Exercise aim —
Write out the entries below once more, exactly.

(Collected data entries)
----

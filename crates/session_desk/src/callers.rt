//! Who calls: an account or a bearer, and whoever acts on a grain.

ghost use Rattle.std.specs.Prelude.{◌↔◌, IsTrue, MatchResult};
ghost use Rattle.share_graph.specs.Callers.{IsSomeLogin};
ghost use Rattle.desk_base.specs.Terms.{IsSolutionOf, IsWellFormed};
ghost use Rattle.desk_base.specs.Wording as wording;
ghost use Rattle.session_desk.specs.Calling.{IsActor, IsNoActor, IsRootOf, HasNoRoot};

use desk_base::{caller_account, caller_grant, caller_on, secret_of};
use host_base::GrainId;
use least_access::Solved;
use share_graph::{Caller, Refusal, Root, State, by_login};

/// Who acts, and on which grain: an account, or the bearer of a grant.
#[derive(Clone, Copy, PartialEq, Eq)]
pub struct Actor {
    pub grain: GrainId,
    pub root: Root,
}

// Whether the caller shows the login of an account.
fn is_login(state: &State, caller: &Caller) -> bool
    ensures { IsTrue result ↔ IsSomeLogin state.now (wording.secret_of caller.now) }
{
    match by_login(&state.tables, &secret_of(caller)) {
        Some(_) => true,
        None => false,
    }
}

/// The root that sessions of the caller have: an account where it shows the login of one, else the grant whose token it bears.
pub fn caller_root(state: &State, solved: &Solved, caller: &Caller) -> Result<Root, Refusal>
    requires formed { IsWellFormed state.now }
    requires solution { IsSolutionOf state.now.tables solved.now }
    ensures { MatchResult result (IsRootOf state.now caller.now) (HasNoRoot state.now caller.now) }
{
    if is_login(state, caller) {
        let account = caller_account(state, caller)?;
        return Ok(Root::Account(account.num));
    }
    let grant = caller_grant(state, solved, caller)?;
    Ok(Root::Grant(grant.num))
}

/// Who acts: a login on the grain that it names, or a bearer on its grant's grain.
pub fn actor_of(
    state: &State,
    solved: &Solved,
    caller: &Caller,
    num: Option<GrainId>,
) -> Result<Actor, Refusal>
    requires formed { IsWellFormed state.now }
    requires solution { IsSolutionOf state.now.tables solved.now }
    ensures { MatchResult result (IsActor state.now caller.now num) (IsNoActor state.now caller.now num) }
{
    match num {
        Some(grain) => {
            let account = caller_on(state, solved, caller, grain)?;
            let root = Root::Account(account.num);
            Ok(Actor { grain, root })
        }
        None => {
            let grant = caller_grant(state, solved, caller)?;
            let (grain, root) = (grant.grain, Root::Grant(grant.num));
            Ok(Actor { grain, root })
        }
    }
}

----

Result of this task —
filename crates/session_desk/src/callers.rt
//! Who calls: an account or a bearer, and whoever acts on a grain.

ghost use Rattle.std.specs.Prelude.{◌↔◌, IsTrue, MatchResult};
ghost use Rattle.share_graph.specs.Callers.{IsSomeLogin};
ghost use Rattle.desk_base.specs.Terms.{IsSolutionOf, IsWellFormed};
ghost use Rattle.desk_base.specs.Wording as wording;
ghost use Rattle.session_desk.specs.Calling.{IsActor, IsNoActor, IsRootOf, HasNoRoot};

use desk_base::{caller_account, caller_grant, caller_on, secret_of};
use host_base::GrainId;
use least_access::Solved;
use share_graph::{Caller, Refusal, Root, State, by_login};

/// Who acts, and on which grain: an account, or the bearer of a grant.
#[derive(Clone, Copy, PartialEq, Eq)]
pub struct Actor {
    pub grain: GrainId,
    pub root: Root,
}

// Whether the caller shows the login of an account.
fn is_login(state: &State, caller: &Caller) -> bool
    ensures { IsTrue result ↔ IsSomeLogin state.now (wording.secret_of caller.now) }
{
    match by_login(&state.tables, &secret_of(caller)) {
        Some(_) => true,
        None => false,
    }
}

/// The root that sessions of the caller have: an account where it shows the login of one, else the grant whose token it bears.
pub fn caller_root(state: &State, solved: &Solved, caller: &Caller) -> Result<Root, Refusal>
    requires formed { IsWellFormed state.now }
    requires solution { IsSolutionOf state.now.tables solved.now }
    ensures { MatchResult result (IsRootOf state.now caller.now) (HasNoRoot state.now caller.now) }
{
    if is_login(state, caller) {
        let account = caller_account(state, caller)?;
        return Ok(Root::Account(account.num));
    }
    let grant = caller_grant(state, solved, caller)?;
    Ok(Root::Grant(grant.num))
}

/// Who acts: a login on the grain that it names, or a bearer on its grant's grain.
pub fn actor_of(
    state: &State,
    solved: &Solved,
    caller: &Caller,
    num: Option<GrainId>,
) -> Result<Actor, Refusal>
    requires formed { IsWellFormed state.now }
    requires solution { IsSolutionOf state.now.tables solved.now }
    ensures { MatchResult result (IsActor state.now caller.now num) (IsNoActor state.now caller.now num) }
{
    match num {
        Some(grain) => {
            let account = caller_on(state, solved, caller, grain)?;
            let root = Root::Account(account.num);
            Ok(Actor { grain, root })
        }
        None => {
            let grant = caller_grant(state, solved, caller)?;
            let (grain, root) = (grant.grain, Root::Grant(grant.num));
            Ok(Actor { grain, root })
        }
    }
}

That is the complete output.